◆ **Supplied records**:
☆ ☆ ☆ ☆

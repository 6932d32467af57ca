//! What a voter knows, and its steps.
ghost use Rattle.std.specs.Prelude.{◌≡◌, ◌<◌, ◌≤◌, ◌+◌, ◌^◌, ◌∷◌, ◌++◌, [], true, slice_index};
ghost use Rattle.arrayvec.specs.ArrayVec.{array_vec_len};
ghost use Rattle.numbers.specs.Bounds.{max_clients};
ghost use Rattle.voter.specs.Steps.{admit, again, ends_grant, grant_front, held_stamp, inquiry, is_before, is_grant, is_later, is_older, is_refused, is_up_to, needs_grant, outcome_of, join_queue, take_release, take_relinquish, remind, reply, start, take_request, take_request_beside, current_stamp};

use crate::queue::Queue;
use arrayvec::ArrayVec;
use message::{ClientBody, Request, ToClient, ToVoter, VoterBody};
use numbers::MAX_CLIENTS;

/// A grant of the vote to a request.
#[derive(Clone, Copy, Debug, PartialEq, Eq)]
pub struct Grant {
    /// The client that holds the vote.
    pub client: u8,
    /// The stamp of the client's request.
    pub stamp: u64,
    /// The number of the grant. The voter counts its grants from 1.
    pub grant: u64,
}

/// What taking a message would do.
#[derive(Clone, Copy, Debug, PartialEq, Eq)]
pub struct Effect {
    /// Whether it would end the current grant. False if it would be refused.
    pub frees: bool,
    /// Whether it would be refused: it needs a new grant, and none is left within the limit.
    pub refused: bool,
}

/// The replies of a voter to one message, or its reminders.
pub type Replies = ArrayVec<ToClient, 3>;

/// What a voter knows.
#[derive(Drop)]
pub struct VoterState {
    /// The voter's number.
    pub id: u8,
    /// How many grants it may give.
    pub limit: u64,
    /// The grant that holds the vote.
    pub held: Option<Grant>,
    /// Whether an INQUIRE about the current grant is outstanding.
    pub inquiring: bool,
    /// The requests that wait for the vote.
    pub waiting: Queue,
    /// For each client the highest stamp of its finished requests, 0 at first.
    pub finished: [u64; MAX_CLIENTS],
    /// How many grants were given.
    pub granted: u64,
    /// The highest stamp that it saw, 0 at first.
    pub seen: u64,
}

impl VoterState {
    /// Returns what a new voter knows.
    pub fn new(id: u8, limit: u64) -> Self
        ensures { result ≡ start id limit }
    {
        VoterState {
            id,
            limit,
            held: None,
            inquiring: false,
            waiting: Queue::new(),
            finished: [0; MAX_CLIENTS],
            granted: 0,
            seen: 0,
        }
    }

    fn reply(&self, client: u8, body: ClientBody) -> ToClient
        ensures { result ≡ reply self.now client body }
    {
        ToClient {
            voter: self.id,
            client,
            seen: self.seen,
            body,
        }
    }

    #[tactic(auto, unfolding(crate::specs::Steps::grant_front))]
    fn grant_front(&mut self, replies: &mut Replies)
        requires room { array_vec_len replies.old < 3 }
        requires few { self.old.granted < 2 ^ 63 }
        ensures state { self.new ≡ (grant_front self.old).state }
        ensures replies { replies.new.items ≡ replies.old.items ++ (grant_front self.old).replies }
        ensures len { array_vec_len replies.new ≤ array_vec_len replies.old + 1 }
        ensures granted { self.new.granted ≤ self.old.granted + 1 }
    {
        if let Some(Request { stamp, client }) = self.waiting.front() {
            self.waiting.remove(client);
            let grant = self.granted + 1;
            self.granted = grant;
            self.held = Some(Grant {
                client,
                stamp,
                grant,
            });
            self.inquiring = false;
            replies.push(self.reply(client, ClientBody::Locked { stamp, grant }));
        }
    }

    /// Returns the highest finished stamp of this client, 0 if there is none.
    pub fn finished_of(&self, client: u8) -> u64
        ensures { result ≡ slice_index self.now.finished client }
    {
        match self.finished.get(usize::from(client)) {
            Some(stamp) => *stamp,
            None => 0,
        }
    }

    fn held_stamp(&self, client: u8) -> Option<u64>
        ensures { result ≡ held_stamp self.now.held client }
    {
        match self.held {
            Some(grant) if grant.client == client => Some(grant.stamp),
            _ => None,
        }
    }

    #[tactic(auto, unfolding(crate::specs::Steps::take_release))]
    fn release(&mut self, client: u8, stamp: u64, replies: &mut Replies)
        requires client { client < max_clients }
        requires room { array_vec_len replies.old < 3 }
        requires few { self.old.granted < 2 ^ 63 }
        ensures state { self.new ≡ (take_release self.old client stamp).state }
        ensures replies { replies.new.items ≡ replies.old.items ++ (take_release self.old client stamp).replies }
        ensures len { array_vec_len replies.new ≤ array_vec_len replies.old + 1 }
        ensures granted { self.new.granted ≤ self.old.granted + 1 }
    {
        let place = client as usize;
        self.finished[place] = self.finished[place].max(stamp);
        if is_up_to(self.held_stamp(client), stamp) {
            self.held = None;
            self.inquiring = false;
            self.grant_front(replies);
        } else if is_up_to(self.waiting.stamp_of(client), stamp) {
            self.waiting.remove(client);
        }
    }

    fn fail(&self, request: Request, replies: &mut Replies)
        requires room { array_vec_len replies.old < 3 }
        ensures replies { replies.new.items
            ≡ replies.old.items ++ reply self.now request.client (ClientBody.Fail request.stamp) ∷ [] }
        ensures len { array_vec_len replies.new ≡ array_vec_len replies.old + 1 }
    {
        let stamp = request.stamp;
        replies.push(self.reply(request.client, ClientBody::Fail { stamp }));
    }

    /// Sends INQUIRE to the holder, unless one is outstanding.
    fn inquire(&mut self, grant: Grant, replies: &mut Replies)
        requires room { array_vec_len replies.old < 3 }
        ensures state { self.new ≡ record self.old { inquiring = true } }
        ensures replies { replies.new.items ≡ replies.old.items ++ inquiry self.old.inquiring self.old grant }
        ensures len { array_vec_len replies.new ≤ array_vec_len replies.old + 1 }
    {
        if !self.inquiring {
            replies.push(self.reply(grant.client, ClientBody::Inquire { grant: grant.grant }));
            self.inquiring = true;
        }
    }

    /// Queues a new request while another one holds the vote.
    #[tactic(auto, unfolding(crate::specs::Steps::join_queue))]
    fn queue_behind(&mut self, grant: Grant, request: Request, replies: &mut Replies)
        requires client { request.client < max_clients }
        requires room { array_vec_len replies.old < 2 }
        ensures state { self.new ≡ (join_queue self.old grant request.client request.stamp).state }
        ensures replies { replies.new.items
            ≡ replies.old.items ++ (join_queue self.old grant request.client request.stamp).replies }
    {
        let holder = Request {
            stamp: grant.stamp,
            client: grant.client,
        };
        let former = self.waiting.front();
        self.waiting.insert(request);
        if is_before(former, request) {
            self.fail(request, replies);
            return;
        }
        if holder.precedes(request) {
            self.fail(request, replies);
        } else {
            self.inquire(grant, replies);
        }
        if let Some(former) = former {
            self.fail(former, replies);
        }
    }

    /// Admits a new request of a client that neither holds the vote nor waits.
    #[tactic(auto, unfolding(crate::specs::Steps::admit))]
    fn admit(&mut self, request: Request, replies: &mut Replies)
        requires client { request.client < max_clients }
        requires room { array_vec_len replies.old < 2 }
        requires few { self.old.granted < 2 ^ 63 }
        ensures state { self.new ≡ (admit self.old request.client request.stamp).state }
        ensures replies { replies.new.items
            ≡ replies.old.items ++ (admit self.old request.client request.stamp).replies }
    {
        match self.held {
            Some(grant) => self.queue_behind(grant, request, replies),
            None => {
                self.waiting.insert(request);
                self.grant_front(replies);
            }
        }
    }

    /// Returns the stamp of the client's current request: the one that holds the vote or waits.
    pub fn current_stamp(&self, client: u8) -> Option<u64>
        ensures { result ≡ current_stamp self.now client }
    {
        match self.held_stamp(client) {
            Some(stamp) => Some(stamp),
            None => self.waiting.stamp_of(client),
        }
    }

    /// Repeats the reply to a request that holds the vote or waits already.
    fn answer_again(&self, request: Request, replies: &mut Replies)
        requires room { array_vec_len replies.old < 3 }
        ensures replies { replies.new.items
            ≡ replies.old.items ++ again self.now self.now.held request.client request.stamp }
    {
        let stamp = request.stamp;
        let body = match self.held {
            Some(g) if g.client == request.client => ClientBody::Locked {
                stamp,
                grant: g.grant,
            },
            _ => ClientBody::Fail { stamp },
        };
        replies.push(self.reply(request.client, body));
    }

    #[tactic(auto, unfolding(crate::specs::Steps::take_request_beside))]
    fn request_beside(&mut self, request: Request, current: Option<u64>, replies: &mut Replies)
        requires client { request.client < max_clients }
        requires room { replies.old.items ≡ [] }
        requires few { self.old.granted + 1 < 2 ^ 63 }
        ensures state { self.new ≡ (take_request_beside self.old request.client request.stamp current).state }
        ensures replies { replies.new.items
            ≡ (take_request_beside self.old request.client request.stamp current).replies }
    {
        match current {
            None => self.admit(request, replies),
            Some(stamp) => {
                if request.stamp == stamp {
                    self.answer_again(request, replies);
                } else if request.stamp > stamp {
                    self.release(request.client, stamp, replies);
                    self.admit(request, replies);
                }
            }
        }
    }

    #[tactic(auto, unfolding(crate::specs::Steps::take_request))]
    fn request(&mut self, request: Request, replies: &mut Replies)
        requires client { request.client < max_clients }
        requires room { replies.old.items ≡ [] }
        requires few { self.old.granted + 1 < 2 ^ 63 }
        ensures state { self.new ≡ (take_request self.old request.client request.stamp).state }
        ensures replies { replies.new.items ≡ (take_request self.old request.client request.stamp).replies }
    {
        if request.stamp > self.finished_of(request.client) {
            let current = self.current_stamp(request.client);
            self.request_beside(request, current, replies);
        }
    }

    #[tactic(auto, unfolding(crate::specs::Steps::take_relinquish))]
    fn relinquish(&mut self, client: u8, grant: u64, replies: &mut Replies)
        requires client { client < max_clients }
        requires room { array_vec_len replies.old < 3 }
        requires few { self.old.granted < 2 ^ 63 }
        ensures state { self.new ≡ (take_relinquish self.old client grant).state }
        ensures replies { replies.new.items ≡ replies.old.items ++ (take_relinquish self.old client grant).replies }
    {
        if let Some(g) = self.held {
            if g.client == client && g.grant == grant {
                self.held = None;
                self.inquiring = false;
                self.waiting.insert(Request {
                    stamp: g.stamp,
                    client,
                });
                self.grant_front(replies);
            }
        }
    }

    /// Returns whether a message needs a new grant.
    #[tactic(auto, unfolding(crate::specs::Steps::needs_grant))]
    fn needs_grant(&self, message: &ToVoter) -> bool
        ensures { result ≡ needs_grant self.now message.now.client message.now.body }
    {
        let client = message.client;
        match message.body {
            VoterBody::Request { stamp } => {
                stamp > self.finished_of(client)
                    && is_later(self.current_stamp(client), stamp)
                    && (self.held.is_none() || self.held_stamp(client).is_some())
            }
            VoterBody::Relinquish { grant } => is_grant(self.held, client, grant),
            VoterBody::Release { stamp } => {
                is_up_to(self.held_stamp(client), stamp) && self.waiting.front().is_some()
            }
        }
    }

    /// Returns whether a message needs a new grant, and none is left.
    pub fn is_refused(&self, message: &ToVoter) -> bool
        ensures { result ≡ is_refused self.now message.now }
    {
        self.granted >= self.limit && self.needs_grant(message)
    }

    /// Returns whether a message ends the current grant.
    #[tactic(auto, unfolding(crate::specs::Steps::ends_grant))]
    pub fn ends_grant(&self, message: &ToVoter) -> bool
        ensures { result ≡ ends_grant self.now message.now.client message.now.body }
    {
        let client = message.client;
        match message.body {
            VoterBody::Request { stamp } => {
                stamp > self.finished_of(client) && is_older(self.held_stamp(client), stamp)
            }
            VoterBody::Relinquish { grant } => is_grant(self.held, client, grant),
            VoterBody::Release { stamp } => is_up_to(self.held_stamp(client), stamp),
        }
    }

    /// Returns LOCKED for the holder, and INQUIRE if one is outstanding.
    #[tactic(auto, unfolding(crate::specs::Steps::remind))]
    pub fn remind(&self) -> Replies
        ensures { result.items ≡ remind self.now }
    {
        let mut replies = ArrayVec::new();
        if let Some(
            Grant {
                client,
                stamp,
                grant,
            },
        ) = self.held
        {
            replies.push(self.reply(client, ClientBody::Locked { stamp, grant }));
            if self.inquiring {
                replies.push(self.reply(client, ClientBody::Inquire { grant }));
            }
        }
        replies
    }

    /// Does what a message asks for. Enough grants have to be left.
    pub fn act(&mut self, message: &ToVoter, replies: &mut Replies)
        requires client { message.now.client < max_clients }
        requires room { replies.old.items ≡ [] }
        requires few { self.old.granted + 1 < 2 ^ 63 }
        ensures state { self.new ≡ (outcome_of self.old message.now.client message.now.body).state }
        ensures replies { replies.new.items ≡ (outcome_of self.old message.now.client message.now.body).replies }
    {
        let client = message.client;
        match message.body {
            VoterBody::Request { stamp } => {
                self.seen = self.seen.max(stamp);
                self.request(Request { stamp, client }, replies);
            }
            VoterBody::Relinquish { grant } => self.relinquish(client, grant, replies),
            VoterBody::Release { stamp } => {
                self.seen = self.seen.max(stamp);
                self.release(client, stamp, replies);
            }
        }
    }
}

☆ ☆ ☆ ☆

◆ **Activity**:
Which lines of the listing include the string "grants"? Pull them out.

◆ **Output of the exercise**:
    /// The number of the grant. The voter counts its grants from 1.
    /// How many grants it may give.
    /// How many grants were given.
    /// Does what a message asks for. Enough grants have to be left.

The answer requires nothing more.